Due to time constraints and multiple testing sites, we limited the PPT assessment to one test per test site. Potentially, our study would have higher reproducibility if two or three trials were used instead. The first PPT trial is likely different from the second, but it is not clear in what direction [38,39,40]. Some studies report it as higher, while others as lower. We attempted to limit this by using multiple practice attempts. Further, in a post-hoc assessment, we could not find any trend suggesting that the PPT values go in one direction depending on the test sequence. The results of the reliability studies are challenging to translate to our study, as they were all completed on healthy participants. Even if we accept a variance error in our PPT estimates, it would be a systematic error, thereby not impacting our research aims. Also, due to time constraints, we only asked clinicians to report on whether non-SMT treatments were provided but not where. Perhaps myofascial therapy directly at a point related to the PPT test site would result in higher PPT increases, which we cannot explore with our data.

We attempted to assess PPT immediately following their consultation, but we do not know the time lapse between the final SMT and PPT data collection. We attempted to limit this by re-measuring participants (post-session) as soon as possible. The majority of participants received additional care before and/or after SMT, which may have included a combination of other manual treatments, rehabilitation and education, potentially prolonging the time delay between SMT and PPT measurement. The implications of this are unknown as it is uncertain how long a change in PPT following SMT, if present, would last [47]. However, we are undoubtedly not measuring PPT in the refractory SMT period.

We did not use a commercial algometer to capture the PPT, like Somedic or Wagner products. However, the equipment has undergone rigorous validation at our laboratory, with results to be published soon. Further, we have previously published studies using the same type of algometer [24]. We opted to use a spherical probe instead of a circular flat probe to ensure deep-tissue stimulation as opposed to skin irritation theoretically. However, this limits our ability to compare our results with prior publications directly.
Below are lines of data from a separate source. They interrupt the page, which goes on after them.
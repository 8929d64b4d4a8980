// The calls on volumes under a closed roster.
ghost use Rattle.std.specs.Prelude.{◌≡◌};
ghost use Rattle.table.specs.Histories.{call_of};
ghost use Rattle.table.specs.Rows.{SameRow};
ghost use Rattle.roster.specs.Volumes.{AppendsVolume, AssignsVolume, CutsVolume, OverlaysVolume, DoesVolume, Locates};

use crate::closed::ClosedRoster;
use crate::place::Place;
use crate::refusal::RosterRefusal;
use crate::target::Target;
use table::extent::Run;
use table::history::Edit;
use table::normal::LIMIT;
use table::refusal::Refusal;
use table::table::{Table, View};

impl ClosedRoster {
    // Adds `length` sectors at the end, with the target and what it is further on.
    pub fn append(
        &self,
        volume: &mut Table<'_, Target>,
        length: u64,
        target: Target,
    ) -> Result<(), RosterRefusal>
        ensures appends { AppendsVolume self.now.entries volume.old.head volume.old.slots.now length target volume.new.head volume.new.slots.now result }
        ensures same_row { SameRow volume.old volume.new }
    {
        if length == 0 {
            return Err(Refusal::EmptyLength.into());
        }
        self.judge_volume(&volume.view())?;
        if length > LIMIT - volume.head.length {
            return Err(Refusal::PastLimit.into());
        }
        self.judge_target(target, length)?;
        volume.append(length, target)?;
        Ok(())
    }

    // Gives a run the target, and each of its sectors what the target is there.
    pub fn assign(
        &self,
        volume: &mut Table<'_, Target>,
        run: Run,
        target: Target,
    ) -> Result<(), RosterRefusal>
        ensures assigns { AssignsVolume self.now.entries volume.old.head volume.old.slots.now run target volume.new.head volume.new.slots.now result }
        ensures same_row { SameRow volume.old volume.new }
    {
        if run.length == 0 {
            return Err(Refusal::EmptyLength.into());
        }
        self.judge_volume(&volume.view())?;
        if !run.is_inside(volume.head.length) {
            return Err(Refusal::Outside.into());
        }
        self.judge_target(target, run.length)?;
        volume.assign(run, target)?;
        Ok(())
    }

    // Keeps the first `length` sectors. Only the head is written, so a shared row suffices.
    pub fn cut(&self, volume: &mut View<'_, Target>, length: u64) -> Result<(), RosterRefusal>
        ensures cuts { CutsVolume self.now.entries volume.old.head volume.old.slots.now length volume.new.head volume.new.slots.now result }
        ensures slots { volume.new.slots.now ≡ volume.old.slots.now }
    {
        self.judge_volume(volume)?;
        volume.cut(length)?;
        Ok(())
    }

    // Fills a third table with the top, and with the base where the top's target is error.
    pub fn overlay(
        &self,
        volume: &mut Table<'_, Target>,
        top: &View<'_, Target>,
        base: &View<'_, Target>,
    ) -> Result<(), RosterRefusal>
        ensures overlays { OverlaysVolume self.now.entries top.now.head top.now.slots.now base.now.head base.now.slots.now volume.old.head volume.old.slots.now volume.new.head volume.new.slots.now result }
        ensures same_row { SameRow volume.old volume.new }
    {
        self.judge_volume(top)?;
        self.judge_volume(base)?;
        volume.overlay(top, base)?;
        Ok(())
    }

    // Makes one call on a volume.
    pub fn apply(
        &self,
        volume: &mut Table<'_, Target>,
        edit: &Edit<'_, Target>,
    ) -> Result<(), RosterRefusal>
        ensures does { DoesVolume self.now.entries (call_of edit.now) volume.old.head volume.old.slots.now volume.new.head volume.new.slots.now result }
        ensures same_row { SameRow volume.old volume.new }
    {
        match *edit {
            Edit::Append { length, value } => self.append(volume, length, value),
            Edit::Assign { run, value } => self.assign(volume, run, value),
            Edit::Cut { length } => {
                let mut view = volume.view();
                let answer = self.cut(&mut view, length);
                volume.head = view.head;
                answer
            }
            Edit::Overlay { top, base } => self.overlay(volume, &top, &base),
        }
    }

    // Where a sector of a volume lies.
    pub fn locate(&self, volume: &View<'_, Target>, sector: u64) -> Result<Place, RosterRefusal>
        ensures { Locates self.now.entries volume.now.head volume.now.slots.now sector result }
    {
        self.judge_volume(volume)?;
        let target = volume.look(sector)?;
        self.resolve(target)
    }
}
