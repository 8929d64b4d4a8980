// Where targets lie under a closed roster.
ghost use Rattle.std.specs.Prelude.{◌≡◌, ◌<◌, ◌≤◌, length, MatchOption};
ghost use Rattle.roster.specs.declared.target.Target.TheVariants.{Linear, Striped};
ghost use Rattle.table.specs.Checks.{Answers, check, end};
ghost use Rattle.roster.specs.Refusals.{number_of};
ghost use Rattle.roster.specs.Rosters.{device_at, set_at};
ghost use Rattle.roster.specs.Places.{SizedBy, HasSet, Below, place_of};
ghost use Rattle.roster.specs.Judgements.{Resolves};

use crate::closed::ClosedRoster;
use crate::entry::Device;
use crate::place::Place;
use crate::refusal::RosterRefusal;
use crate::stripe::{Stripe, StripeSet};
use crate::target::Target;

impl ClosedRoster {
    // The stripe set with a number, if it is listed.
    pub fn stripe_set(&self, number: u8) -> Option<StripeSet>
        ensures { MatchOption result (length self.now.entries.sets.items ≤ number) (λ s. (number < length self.now.entries.sets.items) × (s.numbers ≡ set_at self.now.entries number) × SizedBy self.now.entries s.numbers s.sizes) }
    {
        let numbers = *self.entries.sets.get(usize::from(number))?;
        self.entries.judged(numbers)
    }

    // The device with a number, or the refusal of a number that is not listed.
    pub(crate) fn listed_device(&self, number: u8) -> Result<Device, RosterRefusal>
        ensures { Answers number_of (check 5 (number < length self.now.entries.devices.items) end) (Unit {0}) (λ d. d ≡ device_at self.now.entries number) result }
    {
        self.entries.device(number).ok_or(RosterRefusal::NoDevice)
    }

    // The same of a stripe set.
    pub(crate) fn listed_set(&self, number: u8) -> Result<StripeSet, RosterRefusal>
        ensures { Answers number_of (check 6 (number < length self.now.entries.sets.items) end) (Unit {0}) (λ s. s.numbers ≡ set_at self.now.entries number) result }
    {
        self.stripe_set(number).ok_or(RosterRefusal::NoSet)
    }

    // Where an offset of a listed set lies, if the set has it. What is listed keeps its rules, so it is not judged again.
    pub fn stripe_place(&self, set: u8, offset: u64) -> Option<Place>
        ensures { MatchOption result (HasSet self.now.entries (Striped set offset) × Below self.now.entries (Striped set offset) → ⊥) (λ p. HasSet self.now.entries (Striped set offset) × Below self.now.entries (Striped set offset) × (p ≡ place_of self.now.entries (Striped set offset))) }
    {
        let numbers = self.entries.sets.get(usize::from(set))?;
        Stripe { numbers }.place(offset)
    }

    // Where a target lies.
    pub fn resolve(&self, target: Target) -> Result<Place, RosterRefusal>
        ensures { Resolves self.now.entries target result }
    {
        match target {
            Target::Zero => Ok(Place::Zero),
            Target::Error => Ok(Place::Error),
            Target::Linear { device, sector } => self.resolve_linear(device, sector),
            Target::Striped { set, offset } => self.resolve_striped(set, offset),
        }
    }

    // Where a sector of a device lies.
    fn resolve_linear(&self, device: u8, sector: u64) -> Result<Place, RosterRefusal>
        ensures { Resolves self.now.entries (Linear device sector) result }
    {
        if sector >= self.listed_device(device)?.size {
            return Err(RosterRefusal::LeavesTarget);
        }
        Ok(Place::At { device, sector })
    }

    // Where an offset of a set lies.
    fn resolve_striped(&self, set: u8, offset: u64) -> Result<Place, RosterRefusal>
        ensures { Resolves self.now.entries (Striped set offset) result }
    {
        let stripe = self.listed_set(set)?;
        stripe.place(offset).ok_or(RosterRefusal::LeavesTarget)
    }
}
Implications for future research

Considering the existing body of literature, contrasted with our findings and those of a previous methodologically rigorous randomized trial [10], we find that the effect of SMT on pain sensitivity remains unclear. There may be important differences between experimental and clinical settings that impact PPT and the extrapolation of experimental data to clinical settings. In order to move this area forward, more studies are needed which take into account potential sources of error, such as those discussed in the preceding discussion. Also, we have a limited understanding of PPT as a clinically relevant outcome measure—it is not evident that an increase in PPT should be correlated with a clinical improvement [9, 48]. Researchers and clinicians should be cautious about assuming such a relationship exists.

Conclusion

This clinical study of real-world chiropractic patients failed to find evidence for a substantial generalized increase in mean PPTs following the clinical encounter, including SMT. The PPT did increase substantially for some patients, but no subgroups could be identified associated with substantial increases. The QST results from experimental laboratory setups should not be carelessly extrapolated to clinical settings.